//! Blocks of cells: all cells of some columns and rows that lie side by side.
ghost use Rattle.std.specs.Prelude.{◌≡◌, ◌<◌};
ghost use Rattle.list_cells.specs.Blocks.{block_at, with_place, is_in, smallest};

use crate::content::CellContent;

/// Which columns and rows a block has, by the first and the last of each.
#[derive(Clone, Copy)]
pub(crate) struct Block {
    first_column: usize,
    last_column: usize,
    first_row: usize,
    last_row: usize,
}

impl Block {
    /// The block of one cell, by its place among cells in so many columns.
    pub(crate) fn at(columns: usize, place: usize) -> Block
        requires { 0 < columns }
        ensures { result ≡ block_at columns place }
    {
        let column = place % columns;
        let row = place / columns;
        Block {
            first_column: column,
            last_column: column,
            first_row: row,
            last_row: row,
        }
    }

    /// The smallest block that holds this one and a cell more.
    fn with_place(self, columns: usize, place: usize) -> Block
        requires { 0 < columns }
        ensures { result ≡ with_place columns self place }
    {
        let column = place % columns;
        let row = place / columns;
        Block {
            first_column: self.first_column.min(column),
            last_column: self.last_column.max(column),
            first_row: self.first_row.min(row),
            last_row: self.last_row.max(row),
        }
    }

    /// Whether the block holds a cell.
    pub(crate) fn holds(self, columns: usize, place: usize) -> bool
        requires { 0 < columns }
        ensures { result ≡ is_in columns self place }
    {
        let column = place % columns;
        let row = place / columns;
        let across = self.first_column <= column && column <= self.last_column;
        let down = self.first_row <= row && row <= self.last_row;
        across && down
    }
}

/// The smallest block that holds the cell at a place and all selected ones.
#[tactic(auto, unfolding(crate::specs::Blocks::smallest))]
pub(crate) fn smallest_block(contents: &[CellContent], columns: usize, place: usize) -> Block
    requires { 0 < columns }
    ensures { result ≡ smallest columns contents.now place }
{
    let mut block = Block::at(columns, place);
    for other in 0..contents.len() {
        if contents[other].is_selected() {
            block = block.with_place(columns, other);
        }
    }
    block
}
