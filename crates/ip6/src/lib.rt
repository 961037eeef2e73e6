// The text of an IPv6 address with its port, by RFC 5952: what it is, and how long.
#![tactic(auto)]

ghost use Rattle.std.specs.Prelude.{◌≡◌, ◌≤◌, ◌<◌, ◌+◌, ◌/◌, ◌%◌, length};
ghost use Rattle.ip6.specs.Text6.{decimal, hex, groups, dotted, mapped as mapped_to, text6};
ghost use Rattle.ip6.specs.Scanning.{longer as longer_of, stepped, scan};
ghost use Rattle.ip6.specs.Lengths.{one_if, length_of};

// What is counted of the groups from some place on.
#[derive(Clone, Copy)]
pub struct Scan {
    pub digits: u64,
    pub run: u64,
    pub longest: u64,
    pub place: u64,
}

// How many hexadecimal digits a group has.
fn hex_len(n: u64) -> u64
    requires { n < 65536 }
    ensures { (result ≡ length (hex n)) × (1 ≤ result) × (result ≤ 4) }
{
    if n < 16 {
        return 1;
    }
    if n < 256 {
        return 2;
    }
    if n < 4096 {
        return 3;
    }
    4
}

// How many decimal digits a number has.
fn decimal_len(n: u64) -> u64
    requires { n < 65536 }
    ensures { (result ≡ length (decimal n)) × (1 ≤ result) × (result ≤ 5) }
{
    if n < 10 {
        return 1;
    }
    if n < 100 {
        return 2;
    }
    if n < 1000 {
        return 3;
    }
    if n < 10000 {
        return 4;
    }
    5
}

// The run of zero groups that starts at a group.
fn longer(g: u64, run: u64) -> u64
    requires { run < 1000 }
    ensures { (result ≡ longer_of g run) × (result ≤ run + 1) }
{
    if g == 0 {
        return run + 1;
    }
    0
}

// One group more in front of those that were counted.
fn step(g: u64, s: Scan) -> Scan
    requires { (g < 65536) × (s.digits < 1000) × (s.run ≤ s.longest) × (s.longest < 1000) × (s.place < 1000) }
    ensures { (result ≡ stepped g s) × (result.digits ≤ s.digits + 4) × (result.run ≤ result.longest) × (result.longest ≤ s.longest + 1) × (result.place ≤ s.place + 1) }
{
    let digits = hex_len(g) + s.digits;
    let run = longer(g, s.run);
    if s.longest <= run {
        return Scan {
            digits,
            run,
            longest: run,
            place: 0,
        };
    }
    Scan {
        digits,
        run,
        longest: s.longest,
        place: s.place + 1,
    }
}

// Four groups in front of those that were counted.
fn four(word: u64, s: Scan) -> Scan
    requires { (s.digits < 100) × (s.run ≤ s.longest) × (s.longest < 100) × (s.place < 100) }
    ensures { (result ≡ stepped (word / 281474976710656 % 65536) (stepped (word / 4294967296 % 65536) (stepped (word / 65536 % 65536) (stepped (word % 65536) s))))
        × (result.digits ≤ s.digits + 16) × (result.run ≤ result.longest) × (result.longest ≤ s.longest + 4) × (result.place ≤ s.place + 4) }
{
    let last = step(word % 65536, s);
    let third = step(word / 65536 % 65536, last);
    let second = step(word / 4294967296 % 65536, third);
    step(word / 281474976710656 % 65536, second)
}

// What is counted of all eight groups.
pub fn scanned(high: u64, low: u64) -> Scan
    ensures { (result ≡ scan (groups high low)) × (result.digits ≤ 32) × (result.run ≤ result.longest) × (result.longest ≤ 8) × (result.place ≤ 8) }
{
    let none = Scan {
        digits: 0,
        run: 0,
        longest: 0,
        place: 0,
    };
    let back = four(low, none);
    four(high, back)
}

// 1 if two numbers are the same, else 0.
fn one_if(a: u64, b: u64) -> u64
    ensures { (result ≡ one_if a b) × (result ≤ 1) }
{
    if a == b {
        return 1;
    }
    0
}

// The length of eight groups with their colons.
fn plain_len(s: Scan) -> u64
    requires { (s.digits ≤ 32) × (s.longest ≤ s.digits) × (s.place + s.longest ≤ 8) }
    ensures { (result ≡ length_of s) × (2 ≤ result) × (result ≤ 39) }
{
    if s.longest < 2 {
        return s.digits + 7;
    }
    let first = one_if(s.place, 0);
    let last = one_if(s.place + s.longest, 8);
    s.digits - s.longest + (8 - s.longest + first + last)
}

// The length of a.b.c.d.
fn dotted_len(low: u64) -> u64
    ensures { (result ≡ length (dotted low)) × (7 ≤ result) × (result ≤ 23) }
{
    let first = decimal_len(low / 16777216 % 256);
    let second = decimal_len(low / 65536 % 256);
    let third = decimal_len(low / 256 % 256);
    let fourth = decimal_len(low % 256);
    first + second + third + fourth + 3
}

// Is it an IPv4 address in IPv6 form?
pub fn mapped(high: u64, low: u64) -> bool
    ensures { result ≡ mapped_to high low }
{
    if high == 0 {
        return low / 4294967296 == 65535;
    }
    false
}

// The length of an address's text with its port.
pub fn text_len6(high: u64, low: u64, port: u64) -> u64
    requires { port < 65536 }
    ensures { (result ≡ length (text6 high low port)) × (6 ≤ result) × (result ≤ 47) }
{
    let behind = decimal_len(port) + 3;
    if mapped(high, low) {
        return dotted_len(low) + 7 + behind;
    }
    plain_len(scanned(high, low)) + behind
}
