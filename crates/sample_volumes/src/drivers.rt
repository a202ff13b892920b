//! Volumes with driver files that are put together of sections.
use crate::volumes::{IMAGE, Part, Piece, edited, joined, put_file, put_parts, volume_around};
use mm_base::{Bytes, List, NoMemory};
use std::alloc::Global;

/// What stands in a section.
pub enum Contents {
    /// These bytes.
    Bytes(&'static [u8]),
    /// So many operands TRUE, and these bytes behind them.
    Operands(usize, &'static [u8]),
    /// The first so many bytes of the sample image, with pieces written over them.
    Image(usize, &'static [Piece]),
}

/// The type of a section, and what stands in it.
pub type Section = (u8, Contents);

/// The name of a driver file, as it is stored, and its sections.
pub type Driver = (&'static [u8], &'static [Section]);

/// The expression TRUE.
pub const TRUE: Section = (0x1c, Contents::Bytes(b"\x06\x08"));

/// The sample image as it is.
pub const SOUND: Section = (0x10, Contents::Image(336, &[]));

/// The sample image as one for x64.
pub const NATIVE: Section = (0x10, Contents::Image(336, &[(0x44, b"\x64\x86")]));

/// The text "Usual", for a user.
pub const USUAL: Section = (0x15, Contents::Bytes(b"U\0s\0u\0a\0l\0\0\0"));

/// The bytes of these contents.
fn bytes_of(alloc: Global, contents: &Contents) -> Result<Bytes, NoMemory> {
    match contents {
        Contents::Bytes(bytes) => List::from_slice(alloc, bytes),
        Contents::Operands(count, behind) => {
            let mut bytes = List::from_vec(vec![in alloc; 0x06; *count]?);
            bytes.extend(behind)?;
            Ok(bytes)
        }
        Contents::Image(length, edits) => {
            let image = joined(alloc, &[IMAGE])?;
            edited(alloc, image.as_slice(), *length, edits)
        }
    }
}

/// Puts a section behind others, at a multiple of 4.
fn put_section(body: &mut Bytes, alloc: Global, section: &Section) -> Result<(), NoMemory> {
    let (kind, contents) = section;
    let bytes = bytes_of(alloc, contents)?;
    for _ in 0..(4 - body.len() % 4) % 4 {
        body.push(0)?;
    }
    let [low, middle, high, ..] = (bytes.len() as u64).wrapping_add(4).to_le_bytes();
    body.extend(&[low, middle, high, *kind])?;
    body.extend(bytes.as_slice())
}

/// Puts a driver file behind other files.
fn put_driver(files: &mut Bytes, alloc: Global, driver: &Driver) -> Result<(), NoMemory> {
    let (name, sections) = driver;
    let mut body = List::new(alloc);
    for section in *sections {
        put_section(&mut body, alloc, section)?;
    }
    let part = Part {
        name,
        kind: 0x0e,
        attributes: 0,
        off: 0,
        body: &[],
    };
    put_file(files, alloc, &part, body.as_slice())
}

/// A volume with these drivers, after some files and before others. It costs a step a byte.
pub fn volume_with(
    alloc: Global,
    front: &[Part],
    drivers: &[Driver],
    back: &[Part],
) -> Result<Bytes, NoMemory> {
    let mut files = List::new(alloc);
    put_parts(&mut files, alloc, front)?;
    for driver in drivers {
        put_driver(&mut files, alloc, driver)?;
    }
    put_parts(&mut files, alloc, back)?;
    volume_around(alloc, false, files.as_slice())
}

Task statement:
All that is wanted is the stretch of lines above from the one containing "holds a cell." through the one containing "all selected ones.", duplicated exactly.

Answer space:
    /// Whether the block holds a cell.
    pub(crate) fn holds(self, columns: usize, place: usize) -> bool
        requires { 0 < columns }
        ensures { result ≡ is_in columns self place }
    {
        let column = place % columns;
        let row = place / columns;
        let across = self.first_column <= column && column <= self.last_column;
        let down = self.first_row <= row && row <= self.last_row;
        across && down
    }
}

/// The smallest block that holds the cell at a place and all selected ones.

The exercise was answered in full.